A periodic pattern of a pair of opposed (30°) angled ramps is configured to produce a waveform profile across the CT image.
A perfect CT image (with no loss of resolution) of the test object would produce a consistent geometric pattern of the intersection of a line with the pair of angled ramps. However, due to the finite resolution (x, y and z), the CT waveform profile will not yield the perfect profile; rather it will be influenced by slice thickness, and in-plane resolution (PSF, MTF), as well as noise limitations, and other sources of non-uniformity such as beam hardening etc.
Various characteristics of the waveform profile including, amplitude, frequency, and slope (rate of climb) of the peaks, can be studied using mathematical analysis such as the Fourier transform. It will be shown how these performance characteristics are encoded in the wave pattern.
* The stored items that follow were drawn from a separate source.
//! Writing a volume.
ghost use Rattle.std.specs.Prelude.{◌≡◌, ◌≢◌, ◌<◌, ◌≤◌, ◌*◌, ℕ, length, Some, None, Err, IfSome, IfErr, OnOk, OnErr};
ghost use Rattle.base_words.specs.Faults.{HasCause};
ghost use Rattle.vol_parts.specs.Findings.{Accepts, CatOf};
ghost use Rattle.vol_init.specs.Layouts.{IsLayout, reserved_clusters, fresh};
ghost use Rattle.vol_init.specs.Refusals.{refusal, layout_for, home_of, HasInitCause};
ghost use Rattle.vol_init.specs.Parts.{part_of};
ghost use Rattle.base_words.specs.Fields.{block_at as block_in};
ghost use Rattle.vol_init.specs.Plans.{IsPlan, IsAt, ArePut, told_at};
ghost use Rattle.vol_init.specs.Made.{IsMade, IsLeft};
ghost use Rattle.vol_init.specs.declared.fault.InitFault.TheVariants.{NoMemory};

use crate::blocks::block_of;
use crate::fault::refusal;
use crate::part::part_of;
use crate::plan::Plan;
use crate::{InitFault, Layout};
use base_words::zeros;
use blk_drive::{ImageDev, ImageFault, Mirror};
use fx_home::home_block;
use std::alloc::Global;

/// Writes the part that a block is, if it is one.
fn put_part<I: ImageDev>(m: &mut Mirror<I>, plan: &Plan, lbn: u32) -> Result<(), ImageFault>
    requires plan { IsPlan plan.now }
    requires inside { lbn < length m.old.blocks }
    requires behind { 1 < lbn }
    ensures there { OnOk result (IsAt plan.now lbn (block_in m.old.blocks lbn) (block_in m.new.blocks lbn)) }
    ensures others { (k : ℕ) → k ≢ lbn → block_in m.new.blocks k ≡ block_in m.old.blocks k }
    ensures image { I.told m.old.image ≡ Some m.old.blocks → OnOk result (I.told m.new.image ≡ Some m.new.blocks) }
    ensures untold { I.told m.old.image ≡ None → I.told m.new.image ≡ None }
    ensures home { told_at (I.told m.new.image) 1 ≡ told_at (I.told m.old.image) 1 }
    ensures size { I.size m.new.image ≡ I.size m.old.image }
    ensures count { length m.new.blocks ≡ length m.old.blocks }
    ensures cause { HasCause (I.faults m.old.image) (I.faults m.new.image) result }
{
    match part_of(&plan.layout, lbn) {
        Some(part) => m.write(lbn, &block_of(plan, part)),
        None => Ok(()),
    }
}

/// The end of the system files, behind which no block is a part.
fn end_of_parts(layout: &Layout) -> u32
    requires { IsLayout layout.now }
    ensures { result ≡ layout.now.cluster * reserved_clusters layout.now }
{
    layout.cluster * layout.reserved_clusters()
}

/// Writes all parts behind the home block, in order of LBN.
fn put_parts<I: ImageDev>(m: &mut Mirror<I>, plan: &Plan) -> Result<(), ImageFault>
    requires plan { IsPlan plan.now }
    requires blocks { plan.now.layout.blocks ≡ length m.old.blocks }
    ensures there { OnOk result (ArePut plan.now (length m.old.blocks) m.old.blocks m.new.blocks) }
    ensures low { (k : ℕ) → k < 2 → block_in m.new.blocks k ≡ block_in m.old.blocks k }
    ensures image { I.told m.old.image ≡ Some m.old.blocks → OnOk result (I.told m.new.image ≡ Some m.new.blocks) }
    ensures untold { I.told m.old.image ≡ None → I.told m.new.image ≡ None }
    ensures home { told_at (I.told m.new.image) 1 ≡ told_at (I.told m.old.image) 1 }
    ensures size { I.size m.new.image ≡ I.size m.old.image }
    ensures count { length m.new.blocks ≡ length m.old.blocks }
    ensures cause { HasCause (I.faults m.old.image) (I.faults m.new.image) result }
{
    for lbn in 2..end_of_parts(&plan.layout) {
        put_part(m, plan, lbn)?;
    }
    Ok(())
}

/// Writes a volume: the home block is cleared first and written last.
fn make<I: ImageDev>(m: &mut Mirror<I>, plan: &Plan) -> Result<(), ImageFault>
    requires plan { IsPlan plan.now }
    requires blocks { plan.now.layout.blocks ≡ length m.old.blocks }
    ensures ok { OnOk result (IsMade plan.now.home m.old.blocks m.new.blocks) }
    ensures image { I.told m.old.image ≡ Some m.old.blocks → OnOk result (I.told m.new.image ≡ Some m.new.blocks) }
    ensures untold { I.told m.old.image ≡ None → I.told m.new.image ≡ None }
    ensures fault { I.told m.old.image ≡ Some m.old.blocks
        → OnErr result (IsLeft plan.now.home m.old.blocks (I.told m.new.image)) }
    ensures size { I.size m.new.image ≡ I.size m.old.image }
    ensures count { length m.new.blocks ≡ length m.old.blocks }
    ensures cause { HasCause (I.faults m.old.image) (I.faults m.new.image) result }
{
    let cleared = zeros();
    let home = home_block(&plan.home);
    m.write(1, &cleared)?;
    put_parts(m, plan)?;
    m.write(1, &home)
}

/// Makes a volume of the drive's blocks: its system files, and nothing else.
///
/// The cluster factor is 1 to 16, and the file numbers are 32 to 4,096; the label has 1 to 12 characters of A to Z, 0 to 9,
/// `$`, `_` and `-`. A refusal, as [`InitFault`] lists them, changes nothing, and neither does want of memory. `ImageFault`
/// comes where a write of the image failed: the image then has the old blocks, or no home block that can be read, or the
/// whole new volume.
pub fn init<I: ImageDev>(
    alloc: Global,
    m: &mut Mirror<I>,
    cluster: u32,
    files: u32,
    label: &[u8],
) -> Result<(), InitFault>
    // A refusal is exactly the first that holds, and changes nothing.
    ensures refused { IfSome (refusal (layout_for cluster files m.old.blocks) label.now) (λ fault. result ≡ Err fault) }
    ensures same { IfSome (refusal (layout_for cluster files m.old.blocks) label.now) (λ fault. m.new ≡ m.old) }

    // Ok comes with the whole volume, in memory and on the image.
    ensures ok { OnOk result (IsMade (home_of cluster files label.now) m.old.blocks m.new.blocks) }
    ensures image { I.told m.old.image ≡ Some m.old.blocks → OnOk result (I.told m.new.image ≡ Some m.new.blocks) }

    // An image that tells nothing tells nothing then.
    ensures untold { I.told m.old.image ≡ None → I.told m.new.image ≡ None }

    // The volume is accepted, and its catalogue is that of a fresh volume.
    ensures accepted { OnOk result (Accepts m.new.blocks) }
    ensures catalogue { OnOk result (CatOf m.new.blocks (fresh (layout_for cluster files m.old.blocks))) }

    // After a failed write the image has the old volume, no volume, or the whole new one.
    ensures fault { I.told m.old.image ≡ Some m.old.blocks → result ≡ Err InitFault.ImageFault
        → IsLeft (home_of cluster files label.now) m.old.blocks (I.told m.new.image) }
    ensures memory { result ≡ Err InitFault.NoMemory → m.new ≡ m.old }
    ensures cause { IfErr result (HasInitCause (refusal (layout_for cluster files m.old.blocks) label.now) (I.faults m.old.image) (I.faults m.new.image)) }
    ensures later { I.faults m.old.image ≤ I.faults m.new.image }
    ensures size { I.size m.new.image ≡ I.size m.old.image }
    ensures count { length m.new.blocks ≡ length m.old.blocks }
{
    let layout = Layout {
        cluster,
        files,
        blocks: m.size(),
    };
    if let Some(fault) = refusal(&layout, label) {
        return Err(fault);
    }
    let plan = Plan::new(alloc, layout, label)?;
    make(m, &plan)?;
    Ok(())
}
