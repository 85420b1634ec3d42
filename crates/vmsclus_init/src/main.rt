//! The program `vmsclus` once more, for a stored run of its own: a call that ends with a status that is not 0.
//!
//! All code is in `clus_top`.
//!
//! ```text
//! vmsclus_init volume.img - init 4 64 KVol
//! ```
//!
//! It promises nothing more. The stored run shows that the label `KVol` is refused with its text, `bad label`, and with number 9.
#![tactic(auto)]

use std::process::ExitCode;

fn main(rt: HostRuntime) -> ExitCode {
    clus_top::run(&rt)
}
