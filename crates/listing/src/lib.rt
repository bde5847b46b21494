// What the store answers, and whether it leads from each old row to the highest of its label.
#![tactic(auto)]

mod answers;
mod early;
mod leading;
mod once;

pub use answers::digest_for;
pub use leading::all_led;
The waveform profiles are visually examined and mathematically analyzed, to demonstrate the effect of Slice Thickness (z axis) and changes of In-Plane (x,y) Resolution and non-uniformity across the image field; moreover, the harmonic analysis of the waveform is used to predict, either the in-plane resolution (MTF), or the z-axis MTF when one of the two is already known.
The Wave pattern phantom offers a way to consider 3-D imaging characteristics of a CT scanner by scanning a single repetitive test object that encodes both in-plane resolution and z-axis resolution and also offers a way to study non-uniformity effects throughout the CT plane (volume).